Two-flavored heavy-light mesons' nuclear bound states

TL;DR

This paper investigates the bound states of various heavy-light mesons with carbon-12 nuclei by solving the Klein-Gordon equation, incorporating meson mass shifts and nuclear potentials derived from the quark-meson coupling model.

Contribution

It provides a detailed calculation of meson-nucleus bound states using the Klein-Gordon equation with potentials from the QMC model, including both scalar and vector interactions.

Findings

Bound state energies for multiple mesons in $^{12}$C are computed.

Meson mass shifts and nuclear potentials are quantitatively determined.

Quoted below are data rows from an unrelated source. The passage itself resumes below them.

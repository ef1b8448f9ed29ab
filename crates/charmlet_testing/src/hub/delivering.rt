//! A worker's calls of a hub and of the shelves under the locks of processors.

use crate::disk::ProbeDisk;
use crate::objects::Object;
use crate::store::{Failed, Turn};
use charmlet_hub::SeatsOf;
use charmlet_leases::Seat;
use charmlet_model::{Elem, MsgId, Refusal};
use charmlet_sequencer::ProcessorState;
use charmlet_watch::{Watched, WatchedName, Watcher};

/// What is lacking if no delivery is under way, or if it isn't as far as it has to be.
const DELIVERY: Failed = Failed::Lacks("delivery");

/// Delivers a message as a worker does, with the seat of the shelf's processor.
pub(crate) fn deliver<B: WatchedName>(
    hub: &mut Watched<ProbeDisk, Object, B>,
    me: &mut Watcher<B>,
    shelf: &mut ProcessorState<Object, B>,
    seat: &mut Seat<SeatsOf<B>>,
    id: MsgId,
) -> Result<(), Refusal> {
    seat.reserve(1)?;
    hub.assign(me, shelf, id)?;
    if shelf.enter().is_err() {
        hub.release(me, shelf);
        return Err(Refusal::Memory);
    }
    hub.commit(me, shelf, seat)?;
    Ok(())
}

/// Commits the performed delivery on a shelf, with the seat of its processor.
pub(crate) fn commit<B: WatchedName>(
    hub: &mut Watched<ProbeDisk, Object, B>,
    me: &mut Watcher<B>,
    shelf: &mut ProcessorState<Object, B>,
    seat: &mut Seat<SeatsOf<B>>,
) -> Result<(), Failed> {
    seat.reserve(1)?;
    if !shelf.is_done() {
        return Err(DELIVERY);
    }
    hub.commit(me, shelf, seat)?;
    Ok(())
}

/// Runs the reaction of the receiver on a shelf.
pub(crate) fn enter<B: WatchedName>(shelf: &mut ProcessorState<Object, B>) -> Result<(), Failed> {
    if !shelf.is_assigned() {
        return Err(DELIVERY);
    }
    Ok(shelf.enter()?)
}

/// Makes this call on a shelf, for which no seat is needed.
pub(crate) fn turn<B: WatchedName>(
    hub: &mut Watched<ProbeDisk, Object, B>,
    me: &mut Watcher<B>,
    shelf: &mut ProcessorState<Object, B>,
    turn: Turn,
) -> Result<(), Failed> {
    match turn {
        Turn::Enter => enter(shelf),
        Turn::CommitOwn if shelf.is_done() => {
            hub.commit_without_seat(me, shelf)?;
            Ok(())
        }
        Turn::Finish if shelf.is_done() => {
            hub.finish(me, shelf);
            Ok(())
        }
        Turn::Release if shelf.is_assigned() => {
            hub.release(me, shelf);
            Ok(())
        }
        Turn::Settle => {
            if shelf.is_done() {
                hub.finish(me, shelf);
            } else if shelf.is_assigned() {
                hub.release(me, shelf);
            }
            Ok(())
        }
        _ => Err(DELIVERY),
    }
}

/// Moves an element from one shelf to another, if it stands on the first one.
pub(crate) fn carry<B: WatchedName>(
    hub: &mut Watched<ProbeDisk, Object, B>,
    me: &mut Watcher<B>,
    from: &mut ProcessorState<Object, B>,
    to: &mut ProcessorState<Object, B>,
    elem: Elem,
) -> Result<(), Refusal> {
    let Some(place) = hub.history().where_is(elem) else {
        return Err(Refusal::Absent);
    };
    if place != from.number() || from.number() == to.number() {
        return Err(Refusal::Absent);
    }
    hub.relocate(me, from, to, elem)
}

/// Moves an element from the shelf at one place to that at another.
pub(crate) fn carry_among<B: WatchedName>(
    hub: &mut Watched<ProbeDisk, Object, B>,
    me: &mut Watcher<B>,
    shelves: &mut [ProcessorState<Object, B>],
    source: usize,
    destination: usize,
    elem: Elem,
) -> Result<(), Refusal> {
    let greater = source.max(destination);
    if source == destination || greater >= shelves.len() {
        return Err(Refusal::BadPes);
    }
    let (front, back) = shelves.split_at_mut(greater);
    if source < destination {
        carry(hub, me, &mut front[source], &mut back[0], elem)
    } else {
        carry(hub, me, &mut back[0], &mut front[destination], elem)
    }
}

Radial wave functions of the bound states are obtained.

Abstract

We calculate the $B^-$-, $\overline{B^0}$-, $D^+$-, $D^0$-, $K^-$-, and $\overline{K^0}$-$^{12}$C bound state energies by solving the Klein-Gordon (K;G.) equation in momentum space, and also obtain the corresponding coordinate space radial wave functions. The strong Lorentz scalar and vector potentials in $^{12}$C are calculated using a local density approximation, where the scalar potentials are obtained based on the mass shifts of the respective mesons in nuclear matter. The mesons' mass shifts, the $^{12}$C nuclear density distributions, the strong potentials as well as the Coulomb potentials, are calculated by the quark-meson coupling (QMC) model.